Frederick Lee (Ted) Morton, Ph.D. (né le 28 mars 1949 à Los Angeles, en Californie) est un homme politique et ancien professeur universitaire canadien. Il a été un député à l'Assemblée législative de l'Alberta et ministre du Développement des ressources durables au sein du gouvernement d'Ed Stelmach. Il fut candidat à la succession de Ralph Klein aux postes de chef du Parti progressiste-conservateur et Premier ministre de l'Alberta. Arrivé deuxième au premier tour de scrutin, Morton et le favori Jim Dinning se font tous deux battre par Stelmach au deuxième tour.

Biographie[modifier | modifier le code]

La famille de Morton s'installe au Wyoming en 1952 ; son père travaille dans le secteur de l'exploration pétrolière et du gaz naturel. Lui et sa femme Bambi ont acquis la citoyenneté canadienne en 1991.

Carrière académique[modifier | modifier le code]

Il fait ses études au Colorado College où il obtient un baccalauréat, et à l'Université de Toronto où il obtient une maîtrise et un doctorat en économie politique. Durant ses années universitaires, il est actif au sein du mouvement contre la Guerre du Viêt Nam. En 1981, il rejoint la faculté de l'Université de Calgary en tant que professeur de sciences politiques. Il occupe ce poste pendant 22 ans. À l'Université de Calgary, Morton fait partie d'un groupe d'universitaires surnommés « l'École de Calgary » qui a une influence importante sur l'évolution du conservatisme au Canada.

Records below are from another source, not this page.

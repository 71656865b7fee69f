//! What is printed of a formula is read as that formula. The definitions stand in specs/;
//! `read_back` shows the round trip by its calls, and each other function is a law that stands over
//! the definitions, and does nothing.
#![tactic(auto)]

mod again;

ghost use Rattle.rctl_round_trip.specs.RoundTrip.{PrintedHasNoFault, PrintedIsItself};
ghost use Rattle.rctl_round_trip.specs.RoundTrip.{PrintedIsRead, PrintedIsShort};

pub use again::{read_back, read_back_short};
pub use rctl_parse::{parse_long, print};

/// The canonical text of a formula that was read is read as the same formula but for its places.
pub fn printed_is_read()
    ensures { PrintedIsRead }
{}

/// The canonical text of a formula that was read has no fault.
pub fn printed_has_no_fault()
    ensures { PrintedHasNoFault }
{}

/// Whatever is read of the canonical text of a formula that was read is the same formula but for
/// its places.
pub fn printed_is_itself()
    ensures { PrintedIsItself }
{}

/// The canonical text of a formula that was read has fewer than 65,536 bytes.
pub fn printed_is_short()
    ensures { PrintedIsShort }
{}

Il est l'auteur de cinq livres ainsi que plusieurs articles académiques. Il a également écrit des chroniques qui ont été publiés dans le National Post, le Calgary Herald, le Globe and Mail et le Calgary Sun.

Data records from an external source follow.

//! From bytes to lists. The bytes are untrusted.

ghost use Rattle.std.specs.Prelude.{◌≡◌, ◌+◌, ◌-◌, ◌*◌, ◌<◌, ◌≤◌, ◌/◌, ◌%◌, ◌++◌, ℕ, List, length, slice_index, OnOk, OnErr, IfOk, IfErr, MatchOption, None, vec_len, vec_capacity};
ghost use Rattle.bitpacking.specs.Codes.{AreWords};
ghost use Rattle.bitpack_lists.specs.inner.Appending.{HasAppended};
ghost use Rattle.bitpack_lists.specs.Parts.{BeginsWithHeader, FindsFault, count_of, first_kind, whole_blocks};
ghost use Rattle.bitpack_lists.specs.Version1.{Blocks1, IsRead1, IsRight, IsSound1, List1, after_block1, block_fault1, blocks_fault1, fault1};

use crate::blocks::testing::fits_smaller;
use crate::header::{HEADER_LEN, Header};
use crate::list_error::ListError;
use crate::list_kind::{ListKind, next_kind};
use crate::numbers::read_all;
use crate::reserved::append_zeros;
use bitpacking::{BitPacker, Kind};

/// Appends the values of an encoded list and returns its kind.
///
/// Any bytes are accepted. All bytes are tested before a value is appended, and the vector grows at most once, by as many
/// values as the list has: at most 32 for each lane and byte.
pub fn decode<P: BitPacker>(
    packer: &P,
    bytes: &[u8],
    out: &mut Vec<u32>,
) -> Result<ListKind, ListError>
    // The bytes encode these values, which are appended to what the vector held.
    ensures ok { IfOk result (λ kind. (values : List ℕ) × List1 P.lanes kind values bytes.now
        × (out.new.items ≡ out.old.items ++ values)) }
    // Bytes with a fault are refused for the first, and bytes without one only if memory runs out.
    // claim: lists/3-7 version 1: appends the values of a list, or fails with the first fault, `Memory`; memory rule
    ensures err { MatchOption (fault1 P.lanes bytes.now)
        (IfErr result (λ e. e ≡ ListError.Memory)) (λ fault. result ≡ Err fault) }
    // Memory runs out only if the vector has no room for the values.
    ensures room { fault1 P.lanes bytes.now ≡ None
        → OnErr result (vec_capacity out.old < vec_len out.old + count_of bytes.now) }
    ensures unchanged { OnErr result (out.new.items ≡ out.old.items) }
    // A refusal allocates nothing either, whatever the header promises.
    ensures capacity { OnErr result (vec_capacity out.new ≡ vec_capacity out.old) }
{
    let header = test_version1(packer, bytes)?;
    if out.reserve(header.count).is_err() {
        return Err(ListError::Memory);
    }
    read_blocks(packer, header, &bytes[HEADER_LEN..], out);
    Ok(header.kind)
}

/// Tests all bytes.
pub(crate) fn test_version1<P: BitPacker>(packer: &P, bytes: &[u8]) -> Result<Header, ListError>
    ensures fault { FindsFault result (fault1 P.lanes bytes.now) }
    ensures header { IfOk result (λ header. BeginsWithHeader 1 P.lanes header.kind header.count bytes.now) }
    ensures long { OnOk result (HEADER_LEN ≤ length bytes.now) }
{
    let len = P::BLOCK_LEN;
    let header = Header::test(1, len / 32, bytes)?;
    let blocks = header.count / len;
    let tail = 4 * (header.count % len);
    let rest = &bytes[HEADER_LEN..];
    if rest.len() < blocks + tail {
        return Err(ListError::Short);
    }
    test_chain(packer, blocks, tail, rest)?;
    Ok(header)
}

/// Tests the blocks and how many bytes follow them.
fn test_chain<P: BitPacker>(
    packer: &P,
    blocks: usize,
    tail: usize,
    bytes: &[u8],
) -> Result<(), ListError>
    ensures { FindsFault result (blocks_fault1 P.lanes tail 0 blocks bytes.now) }
{
    let mut rest = bytes;
    for block in 0..blocks {
        rest = test_first_block(packer, block, rest)?;
    }
    if rest.len() < tail {
        return Err(ListError::Short);
    }
    if rest.len() > tail {
        return Err(ListError::Trailing);
    }
    Ok(())
}

/// Tests the block at the front of the bytes, and returns the bytes after it.
fn test_first_block<'a, P: BitPacker>(
    packer: &P,
    block: usize,
    bytes: &'a [u8],
) -> Result<&'a [u8], ListError>
    ensures fault { FindsFault result (block_fault1 P.lanes block bytes.now) }
    ensures rest { IfOk result (λ rest. rest.now ≡ after_block1 P.lanes bytes.now) }
{
    let [width, rest @ ..] = bytes else {
        return Err(ListError::Short);
    };
    let width = *width;
    if width > 32 {
        return Err(ListError::BadWidth(block, width));
    }
    let size = P::compressed_block_size(width);
    if rest.len() < size {
        return Err(ListError::Short);
    }
    let (body, rest) = rest.split_at(size);
    if fits_smaller(P::BLOCK_LEN / 32, width, body) {
        return Err(ListError::LooseWidth(block, width));
    }
    Ok(rest)
}

/// Appends the values of blocks and tail that were tested. There is room for them.
pub(crate) fn read_blocks<P: BitPacker>(
    packer: &P,
    header: Header,
    bytes: &[u8],
    out: &mut Vec<u32>,
)
    requires sound { IsSound1 P.lanes header.count bytes.now }
    requires room { vec_len out.old + header.count ≤ vec_capacity out.old }
    ensures { (values : List ℕ) → AreWords values
        → Blocks1 P.lanes (whole_blocks P.lanes header.count) (first_kind header.kind) values bytes.now
        → out.new.items ≡ out.old.items ++ values }
{
    let blocks = header.count / P::BLOCK_LEN;
    let mut kind = header.kind.first();
    let mut rest = bytes;
    for _ in 0..blocks {
        (kind, rest) = read_block(packer, kind, rest, out);
    }
    read_all(rest, out);
}

/// Appends the values of the block at the front of the bytes. Returns the kind of the block after it, and the bytes there.
#[inline(always)]
fn read_block<'a, P: BitPacker>(
    packer: &P,
    kind: Kind,
    bytes: &'a [u8],
    out: &mut Vec<u32>,
) -> (Kind, &'a [u8])
    requires right { IsRight P.lanes bytes.now }
    requires room { vec_len out.old + P.BLOCK_LEN ≤ vec_capacity out.old }
    ensures block { (block : List ℕ) × HasAppended out.old out.new block
        × IsRead1 P.lanes kind block bytes.now result.0 result.1.now }
{
    let from = out.len();
    append_zeros(out, 0, P::BLOCK_LEN);
    unpack_block(packer, kind, bytes, out.slice_mut(from..))
}

/// Unpacks the block at the front of the bytes. Returns the kind of the block after it, and the bytes there.
#[inline(always)]
pub(crate) fn unpack_block<'a, P: BitPacker>(
    packer: &P,
    kind: Kind,
    bytes: &'a [u8],
    block: &mut [u32],
) -> (Kind, &'a [u8])
    requires right { IsRight P.lanes bytes.now }
    requires whole { length block.old ≡ P.BLOCK_LEN }
    ensures block { IsRead1 P.lanes kind block.new bytes.now result.0 result.1.now }
{
    let size = packer.decompress_kind(kind, &bytes[1..], block, bytes[0]);
    (next_kind(kind, last_value(block)), &bytes[1 + size..])
}

/// The last value of a block. Values that are read are words.
#[inline(always)]
fn last_value(block: &[u32]) -> u32
    requires { 0 < length block.now }
    ensures last { result ≡ slice_index block.now (length block.now - 1) }
    ensures words { AreWords block.now }
{
    block[block.len() - 1]
}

Carrière politique[modifier | modifier le code]

Morton appuie très tôt la proposition d'un « Sénat triple-E » et critique publiquement l'accord du lac Meech et l'accord de Charlottetown.

Il est élu « sénateur-en-attente » lors de l'élection de nomination sénatoriale albertaine de 1998 sous la bannière du Parti réformiste du Canada. (Toutefois, étant donné que les élections sénatoriales en Alberta n'ont aucune existence légale et que c'est le premier ministre du Canada qui détient le droit exclusif de nommer les sénateurs, il n'a jamais siégé au Sénat du Canada.)

En 2001, Stockwell Day, le chef de l'Alliance canadienne, le nomme Directeur parlementaire de la politique et de la recherche pour le parti. La même année, il est l'un de six personnalités albertaines (incluant Stephen Harper, futur premier ministre du Canada) à signer le Alberta Agenda, aussi connue sous le nom de la « lettre pare-feu » (firewall letter), un manifeste qui réclamait que le gouvernement de l'Alberta utilise tous ses pouvoirs constitutionnels pour réduire l'influence du gouvernement fédéral sur les résidents de l'Alberta, particulièrement en matière de finance.

Lors de l'élection générale albertaine de 2004, Morton est élu député progressiste-conservateur dans la nouvelle circonscription de Foothills-Rocky View. Il prône la réduction des impôts, le retour à la définition traditionnelle du mariage, l'économie des revenus reliés à l'énergie, la création d'un registre des lobbyistes, et des élections à date fixe.